Provided records:
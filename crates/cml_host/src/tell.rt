//! What is told of a run behind its reports: how it is closed, or why it was stopped.

ghost use Rattle.std.specs.{Prelude.{◌≡◌, ◌∷◌, [], IfOk, map, option_map}, String.{string_bytes}};
ghost use Rattle.cml_check.specs.Sizes.{size_of};
ghost use Rattle.cml_hub.specs.Courses.{run_of};
ghost use Rattle.cml_host.specs.Closed.{IsClosed, plain_asked};
ghost use Rattle.cml_host.specs.Replies.{IsCarriedOut, behind, passage, plain_file, plain_of, plain_refusal};
ghost use Rattle.cml_host.specs.{Running.{stop_reply}, Stores.{Shelf}, Told.{IsRunOf}};
ghost use Rattle.cml_host.specs.Closed as closed;
ghost use Rattle.cml_host.specs.Told as spec;
ghost use Rattle.cml_schedule.specs.Written.{schedule_text};

use crate::close::{Asked, close, is_explained};
use crate::refusal::Refusal;
use crate::reply::{File, Reply, carry_out, new_file};
use crate::store::Store;
use crate::workers::{Cause, Stopped};
use cml_hub::{End, Hub};
use cml_stream::Counting;
use std::alloc::{AllocError, Global};
use std::io::Write;

/// How the run of this hub is closed, which is over: the end line behind its output; its schedule, where it is asked for under a name; and what
/// is said of its end, where that is asked for.
///
/// # Errors
/// Out of memory.
pub fn close_reply(
    alloc: Global,
    hub: &Hub,
    asked: &Asked<'_>,
    save_as: Option<&str>,
) -> Result<Reply, AllocError>
    ensures { IfOk result (λ reply. IsClosed (plain_asked asked.now) (option_map (λ name. name.now) save_as.entry) hub.now.course.program hub.now.course.items hub.now.budget (run_of hub.now.course) (behind hub.now.course.output (plain_of reply))) }
{
    let files = schedule_file(alloc, hub, is_explained(asked), save_as)?;
    let closing = close(alloc, hub, asked)?;
    let end = end_line(alloc, hub.end(), hub.pending())?;
    Ok(Reply {
        output: end.into_bytes(),
        files,
        words: closing.words,
        status: closing.status,
    })
}

/// The schedule of the hub as a file, where it is asked for under a name.
///
/// # Errors
/// Out of memory.
pub fn schedule_file(
    alloc: Global,
    hub: &Hub,
    explains: bool,
    save_as: Option<&str>,
) -> Result<Vec<File>, AllocError>
    ensures { IfOk result (λ files. map plain_file files.items ≡ closed.schedule_file explains (option_map (λ name. name.now) save_as.entry) (schedule_text hub.now.budget (size_of hub.now.course.program) hub.now.course.items)) }
{
    match save_as {
        Some(name) => {
            let schedule = hub.write_schedule(alloc)?;
            one_file(alloc, new_file(alloc, explains, name, schedule)?)
        }
        None => Ok(Vec::new(alloc)),
    }
}

/// This file, and no other one.
///
/// # Errors
/// Out of memory.
pub fn one_file(alloc: Global, file: File) -> Result<Vec<File>, AllocError>
    ensures { IfOk result (λ files. files.items ≡ file ∷ []) }
{
    let mut files = Vec::new(alloc);
    files.push(file)?;
    Ok(files)
}

/// Tells why a run has not come to its end, behind what is written of its reports: that memory ran out, where its output so far is
/// written; that a write of the reports failed; or that the reports are not its own. It returns the status.
pub fn stop<O: Write, E: Write, S: Store>(
    alloc: Global,
    stopped: &Stopped,
    out: &mut Counting<'_, O>,
    err: &mut Counting<'_, E>,
    store: &mut S,
) -> u8
    ensures told { let output = passage O.contents out.old out.new in
        let errors = passage E.contents err.old err.new in
        let shelf : Shelf = record { before = S.holds store.old; after = S.holds store.new } in
        IsCarriedOut (stop_reply stopped.now.hub stopped.now.cause) output errors shelf result }
    ensures same_out { out.new.stream.ghost_name ≡ out.old.stream.ghost_name }
    ensures same_err { err.new.stream.ghost_name ≡ err.old.stream.ghost_name }
{
    let (so_far, why) = stopped_for(stopped);
    carry_out(alloc, so_far, &Err(why), out, err, store)
}

// What is told of a run that was stopped, behind what is told of its output.
fn stopped_for<'a>(stopped: &'a Stopped) -> (&'a str, Refusal)
    ensures { plain_refusal result.0.now result.1 ≡ stop_reply stopped.now.hub stopped.now.cause }
{
    match stopped.cause {
        Cause::Memory => (stopped.hub.out(), Refusal::Memory),
        Cause::Write => ("", Refusal::Line("cannot write output\n", 1)),
        Cause::Foreign => ("", Refusal::Line("foreign hub\n", 1)),
    }
}

/// A hub stands where a run of its program leads, and its reports are those of the run.
pub fn hub_is_a_run(hub: &Hub)
    ensures { IsRunOf hub.now.course.program hub.now.watch hub.now.course.items hub.now.reports (run_of hub.now.course) }
{
    // No effect: named here so that the prover knows what holds of it.
    let _items = hub.schedule();
    let _reports = hub.reports();
}

/// Lets the hub go, at the one place where that has to be proved.
pub fn let_go(hub: Hub) {
    drop(hub);
}

// The end line of a run that ends in this way, where this many threads wait.
fn end_line(alloc: Global, end: End, waiting: usize) -> Result<String, AllocError>
    ensures { IfOk result (λ line. string_bytes line ≡ spec.end_line end waiting) }
{
    let name = end_name(end);
    format!(in alloc; "end {name} pending {waiting}\n")
}

fn end_name(end: End) -> &'static str
    ensures { result.now ≡ spec.end_name end }
{
    match end {
        End::Quiet => "quiet",
        End::Budget => "budget",
        End::Partial => "partial",
    }
}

Exercise: Repeat the data in its entirety, exactly as written.

Finished task:
filename crates/cml_host/src/tell.rt
//! What is told of a run behind its reports: how it is closed, or why it was stopped.

ghost use Rattle.std.specs.{Prelude.{◌≡◌, ◌∷◌, [], IfOk, map, option_map}, String.{string_bytes}};
ghost use Rattle.cml_check.specs.Sizes.{size_of};
ghost use Rattle.cml_hub.specs.Courses.{run_of};
ghost use Rattle.cml_host.specs.Closed.{IsClosed, plain_asked};
ghost use Rattle.cml_host.specs.Replies.{IsCarriedOut, behind, passage, plain_file, plain_of, plain_refusal};
ghost use Rattle.cml_host.specs.{Running.{stop_reply}, Stores.{Shelf}, Told.{IsRunOf}};
ghost use Rattle.cml_host.specs.Closed as closed;
ghost use Rattle.cml_host.specs.Told as spec;
ghost use Rattle.cml_schedule.specs.Written.{schedule_text};

use crate::close::{Asked, close, is_explained};
use crate::refusal::Refusal;
use crate::reply::{File, Reply, carry_out, new_file};
use crate::store::Store;
use crate::workers::{Cause, Stopped};
use cml_hub::{End, Hub};
use cml_stream::Counting;
use std::alloc::{AllocError, Global};
use std::io::Write;

/// How the run of this hub is closed, which is over: the end line behind its output; its schedule, where it is asked for under a name; and what
/// is said of its end, where that is asked for.
///
/// # Errors
/// Out of memory.
pub fn close_reply(
    alloc: Global,
    hub: &Hub,
    asked: &Asked<'_>,
    save_as: Option<&str>,
) -> Result<Reply, AllocError>
    ensures { IfOk result (λ reply. IsClosed (plain_asked asked.now) (option_map (λ name. name.now) save_as.entry) hub.now.course.program hub.now.course.items hub.now.budget (run_of hub.now.course) (behind hub.now.course.output (plain_of reply))) }
{
    let files = schedule_file(alloc, hub, is_explained(asked), save_as)?;
    let closing = close(alloc, hub, asked)?;
    let end = end_line(alloc, hub.end(), hub.pending())?;
    Ok(Reply {
        output: end.into_bytes(),
        files,
        words: closing.words,
        status: closing.status,
    })
}

/// The schedule of the hub as a file, where it is asked for under a name.
///
/// # Errors
/// Out of memory.
pub fn schedule_file(
    alloc: Global,
    hub: &Hub,
    explains: bool,
    save_as: Option<&str>,
) -> Result<Vec<File>, AllocError>
    ensures { IfOk result (λ files. map plain_file files.items ≡ closed.schedule_file explains (option_map (λ name. name.now) save_as.entry) (schedule_text hub.now.budget (size_of hub.now.course.program) hub.now.course.items)) }
{
    match save_as {
        Some(name) => {
            let schedule = hub.write_schedule(alloc)?;
            one_file(alloc, new_file(alloc, explains, name, schedule)?)
        }
        None => Ok(Vec::new(alloc)),
    }
}

/// This file, and no other one.
///
/// # Errors
/// Out of memory.
pub fn one_file(alloc: Global, file: File) -> Result<Vec<File>, AllocError>
    ensures { IfOk result (λ files. files.items ≡ file ∷ []) }
{
    let mut files = Vec::new(alloc);
    files.push(file)?;
    Ok(files)
}

/// Tells why a run has not come to its end, behind what is written of its reports: that memory ran out, where its output so far is
/// written; that a write of the reports failed; or that the reports are not its own. It returns the status.
pub fn stop<O: Write, E: Write, S: Store>(
    alloc: Global,
    stopped: &Stopped,
    out: &mut Counting<'_, O>,
    err: &mut Counting<'_, E>,
    store: &mut S,
) -> u8
    ensures told { let output = passage O.contents out.old out.new in
        let errors = passage E.contents err.old err.new in
        let shelf : Shelf = record { before = S.holds store.old; after = S.holds store.new } in
        IsCarriedOut (stop_reply stopped.now.hub stopped.now.cause) output errors shelf result }
    ensures same_out { out.new.stream.ghost_name ≡ out.old.stream.ghost_name }
    ensures same_err { err.new.stream.ghost_name ≡ err.old.stream.ghost_name }
{
    let (so_far, why) = stopped_for(stopped);
    carry_out(alloc, so_far, &Err(why), out, err, store)
}

// What is told of a run that was stopped, behind what is told of its output.
fn stopped_for<'a>(stopped: &'a Stopped) -> (&'a str, Refusal)
    ensures { plain_refusal result.0.now result.1 ≡ stop_reply stopped.now.hub stopped.now.cause }
{
    match stopped.cause {
        Cause::Memory => (stopped.hub.out(), Refusal::Memory),
        Cause::Write => ("", Refusal::Line("cannot write output\n", 1)),
        Cause::Foreign => ("", Refusal::Line("foreign hub\n", 1)),
    }
}

/// A hub stands where a run of its program leads, and its reports are those of the run.
pub fn hub_is_a_run(hub: &Hub)
    ensures { IsRunOf hub.now.course.program hub.now.watch hub.now.course.items hub.now.reports (run_of hub.now.course) }
{
    // No effect: named here so that the prover knows what holds of it.
    let _items = hub.schedule();
    let _reports = hub.reports();
}

/// Lets the hub go, at the one place where that has to be proved.
pub fn let_go(hub: Hub) {
    drop(hub);
}

// The end line of a run that ends in this way, where this many threads wait.
fn end_line(alloc: Global, end: End, waiting: usize) -> Result<String, AllocError>
    ensures { IfOk result (λ line. string_bytes line ≡ spec.end_line end waiting) }
{
    let name = end_name(end);
    format!(in alloc; "end {name} pending {waiting}\n")
}

fn end_name(end: End) -> &'static str
    ensures { result.now ≡ spec.end_name end }
{
    match end {
        End::Quiet => "quiet",
        End::Budget => "budget",
        End::Partial => "partial",
    }
}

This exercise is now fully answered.